## WORK INSTRUCTION
Your answer must be the lines of the entries below, exactly as written, from the first line through the line containing "use crate::bulk::is_fitting_bulk;".

---- GIVEN DATA

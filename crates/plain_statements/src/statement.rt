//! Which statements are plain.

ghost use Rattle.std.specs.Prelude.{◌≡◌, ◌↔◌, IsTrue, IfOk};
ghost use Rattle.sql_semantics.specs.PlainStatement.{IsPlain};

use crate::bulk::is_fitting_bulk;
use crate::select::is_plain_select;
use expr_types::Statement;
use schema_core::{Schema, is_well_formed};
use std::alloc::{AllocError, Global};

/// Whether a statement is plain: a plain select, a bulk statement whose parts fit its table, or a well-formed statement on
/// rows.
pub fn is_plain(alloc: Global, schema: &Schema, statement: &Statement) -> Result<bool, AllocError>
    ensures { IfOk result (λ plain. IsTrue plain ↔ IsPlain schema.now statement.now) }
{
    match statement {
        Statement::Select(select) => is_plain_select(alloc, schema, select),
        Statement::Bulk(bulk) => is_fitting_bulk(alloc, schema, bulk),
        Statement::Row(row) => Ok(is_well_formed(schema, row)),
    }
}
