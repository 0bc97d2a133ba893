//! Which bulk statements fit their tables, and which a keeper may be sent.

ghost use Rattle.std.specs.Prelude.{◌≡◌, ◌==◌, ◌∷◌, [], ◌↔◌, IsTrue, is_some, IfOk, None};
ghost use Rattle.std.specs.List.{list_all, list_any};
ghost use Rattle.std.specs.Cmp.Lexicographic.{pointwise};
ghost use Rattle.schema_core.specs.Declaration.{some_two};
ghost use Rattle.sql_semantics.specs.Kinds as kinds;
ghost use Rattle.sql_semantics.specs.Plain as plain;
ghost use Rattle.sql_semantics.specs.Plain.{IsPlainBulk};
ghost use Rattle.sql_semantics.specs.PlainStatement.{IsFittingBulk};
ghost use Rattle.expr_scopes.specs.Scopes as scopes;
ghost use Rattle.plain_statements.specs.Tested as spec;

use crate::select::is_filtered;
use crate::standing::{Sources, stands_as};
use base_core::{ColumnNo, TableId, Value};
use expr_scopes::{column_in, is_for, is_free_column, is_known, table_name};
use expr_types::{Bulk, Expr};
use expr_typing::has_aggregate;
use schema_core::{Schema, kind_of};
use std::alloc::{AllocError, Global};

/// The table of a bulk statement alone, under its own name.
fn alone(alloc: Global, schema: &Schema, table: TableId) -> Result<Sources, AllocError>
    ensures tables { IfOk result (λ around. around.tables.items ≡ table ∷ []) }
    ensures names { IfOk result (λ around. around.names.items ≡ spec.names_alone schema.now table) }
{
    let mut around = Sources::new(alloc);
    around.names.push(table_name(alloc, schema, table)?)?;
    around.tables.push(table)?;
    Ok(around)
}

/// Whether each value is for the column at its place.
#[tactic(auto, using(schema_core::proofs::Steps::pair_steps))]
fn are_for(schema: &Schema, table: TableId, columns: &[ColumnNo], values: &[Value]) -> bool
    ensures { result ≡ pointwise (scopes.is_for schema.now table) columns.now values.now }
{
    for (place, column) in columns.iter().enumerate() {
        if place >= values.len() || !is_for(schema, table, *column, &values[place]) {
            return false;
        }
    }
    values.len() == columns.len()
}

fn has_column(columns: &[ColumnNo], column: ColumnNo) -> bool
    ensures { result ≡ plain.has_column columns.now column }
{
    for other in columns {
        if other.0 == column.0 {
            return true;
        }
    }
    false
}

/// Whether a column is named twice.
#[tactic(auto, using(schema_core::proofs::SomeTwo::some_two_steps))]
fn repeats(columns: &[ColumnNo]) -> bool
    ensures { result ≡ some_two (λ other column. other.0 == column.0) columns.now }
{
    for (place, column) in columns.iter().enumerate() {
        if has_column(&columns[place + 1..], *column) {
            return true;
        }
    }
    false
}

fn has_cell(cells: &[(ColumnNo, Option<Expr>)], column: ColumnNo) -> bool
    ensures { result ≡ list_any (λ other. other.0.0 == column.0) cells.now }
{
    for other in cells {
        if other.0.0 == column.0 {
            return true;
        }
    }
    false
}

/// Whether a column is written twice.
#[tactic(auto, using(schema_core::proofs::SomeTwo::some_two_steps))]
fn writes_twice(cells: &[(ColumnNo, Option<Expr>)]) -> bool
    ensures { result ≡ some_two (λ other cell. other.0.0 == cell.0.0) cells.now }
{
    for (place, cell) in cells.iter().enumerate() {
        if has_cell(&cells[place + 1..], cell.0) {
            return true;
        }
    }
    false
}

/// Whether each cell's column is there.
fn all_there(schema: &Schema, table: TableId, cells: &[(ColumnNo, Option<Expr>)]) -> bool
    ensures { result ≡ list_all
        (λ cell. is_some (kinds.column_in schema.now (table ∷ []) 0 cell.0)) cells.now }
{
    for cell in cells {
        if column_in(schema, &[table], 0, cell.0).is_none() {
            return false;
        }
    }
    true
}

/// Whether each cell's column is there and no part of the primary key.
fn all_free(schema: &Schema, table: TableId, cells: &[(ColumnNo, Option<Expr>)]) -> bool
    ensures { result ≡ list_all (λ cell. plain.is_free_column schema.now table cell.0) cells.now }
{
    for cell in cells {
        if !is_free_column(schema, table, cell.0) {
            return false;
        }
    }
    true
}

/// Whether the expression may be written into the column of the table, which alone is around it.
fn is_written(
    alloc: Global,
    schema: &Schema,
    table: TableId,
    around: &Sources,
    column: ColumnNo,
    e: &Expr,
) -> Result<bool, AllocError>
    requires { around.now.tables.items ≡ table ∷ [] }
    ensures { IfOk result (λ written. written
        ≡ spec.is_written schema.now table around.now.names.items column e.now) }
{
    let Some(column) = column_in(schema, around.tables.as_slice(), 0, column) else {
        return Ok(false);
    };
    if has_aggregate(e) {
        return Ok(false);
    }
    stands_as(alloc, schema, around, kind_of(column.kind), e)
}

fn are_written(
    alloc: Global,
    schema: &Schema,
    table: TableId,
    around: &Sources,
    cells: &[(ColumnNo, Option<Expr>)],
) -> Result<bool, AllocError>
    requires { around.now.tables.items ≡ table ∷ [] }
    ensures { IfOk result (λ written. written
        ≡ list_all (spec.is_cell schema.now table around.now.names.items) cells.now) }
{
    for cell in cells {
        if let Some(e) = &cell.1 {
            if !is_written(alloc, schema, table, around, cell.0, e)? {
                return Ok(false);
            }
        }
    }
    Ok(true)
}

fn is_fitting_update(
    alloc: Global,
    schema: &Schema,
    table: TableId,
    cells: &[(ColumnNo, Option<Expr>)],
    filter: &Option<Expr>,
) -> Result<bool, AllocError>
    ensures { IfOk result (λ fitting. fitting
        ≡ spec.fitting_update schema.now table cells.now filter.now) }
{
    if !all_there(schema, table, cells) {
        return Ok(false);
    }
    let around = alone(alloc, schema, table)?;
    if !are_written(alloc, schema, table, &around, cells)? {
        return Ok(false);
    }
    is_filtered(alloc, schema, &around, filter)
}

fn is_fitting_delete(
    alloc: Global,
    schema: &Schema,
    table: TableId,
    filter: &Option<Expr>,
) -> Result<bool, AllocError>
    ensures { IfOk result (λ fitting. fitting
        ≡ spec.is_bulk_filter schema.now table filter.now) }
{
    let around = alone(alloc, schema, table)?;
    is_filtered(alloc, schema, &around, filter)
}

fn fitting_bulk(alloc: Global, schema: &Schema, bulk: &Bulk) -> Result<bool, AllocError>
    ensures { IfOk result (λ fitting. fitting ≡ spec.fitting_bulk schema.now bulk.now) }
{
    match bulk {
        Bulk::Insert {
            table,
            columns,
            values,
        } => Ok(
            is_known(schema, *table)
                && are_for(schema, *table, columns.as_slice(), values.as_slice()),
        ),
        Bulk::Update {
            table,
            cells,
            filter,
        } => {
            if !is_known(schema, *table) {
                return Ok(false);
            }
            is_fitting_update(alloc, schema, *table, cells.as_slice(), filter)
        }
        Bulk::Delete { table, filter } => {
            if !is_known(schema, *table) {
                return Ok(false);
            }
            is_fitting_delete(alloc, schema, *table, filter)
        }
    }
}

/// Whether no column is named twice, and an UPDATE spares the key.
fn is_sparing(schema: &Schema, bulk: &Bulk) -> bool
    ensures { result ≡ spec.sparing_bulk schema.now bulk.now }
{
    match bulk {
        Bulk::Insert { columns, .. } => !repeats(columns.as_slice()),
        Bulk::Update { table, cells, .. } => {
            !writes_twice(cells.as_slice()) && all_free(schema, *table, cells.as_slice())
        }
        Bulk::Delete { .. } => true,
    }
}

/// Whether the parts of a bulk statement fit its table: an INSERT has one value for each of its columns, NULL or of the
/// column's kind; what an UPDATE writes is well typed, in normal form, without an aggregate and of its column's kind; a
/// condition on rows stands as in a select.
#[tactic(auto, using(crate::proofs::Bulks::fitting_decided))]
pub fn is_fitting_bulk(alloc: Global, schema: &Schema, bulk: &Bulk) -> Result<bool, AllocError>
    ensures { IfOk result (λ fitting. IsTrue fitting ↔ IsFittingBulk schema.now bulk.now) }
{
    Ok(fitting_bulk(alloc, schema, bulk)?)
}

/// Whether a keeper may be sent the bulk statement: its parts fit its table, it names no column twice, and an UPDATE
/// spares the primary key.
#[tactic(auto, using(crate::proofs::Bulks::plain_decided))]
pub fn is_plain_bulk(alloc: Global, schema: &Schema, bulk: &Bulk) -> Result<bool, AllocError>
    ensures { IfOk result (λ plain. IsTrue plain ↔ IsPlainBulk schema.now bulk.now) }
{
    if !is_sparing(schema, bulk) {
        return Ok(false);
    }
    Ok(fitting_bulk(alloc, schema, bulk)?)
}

--------

## RESULT FOR THIS EXERCISE
filename crates/plain_statements/src/statement.rt
//! Which statements are plain.

ghost use Rattle.std.specs.Prelude.{◌≡◌, ◌↔◌, IsTrue, IfOk};
ghost use Rattle.sql_semantics.specs.PlainStatement.{IsPlain};

use crate::bulk::is_fitting_bulk;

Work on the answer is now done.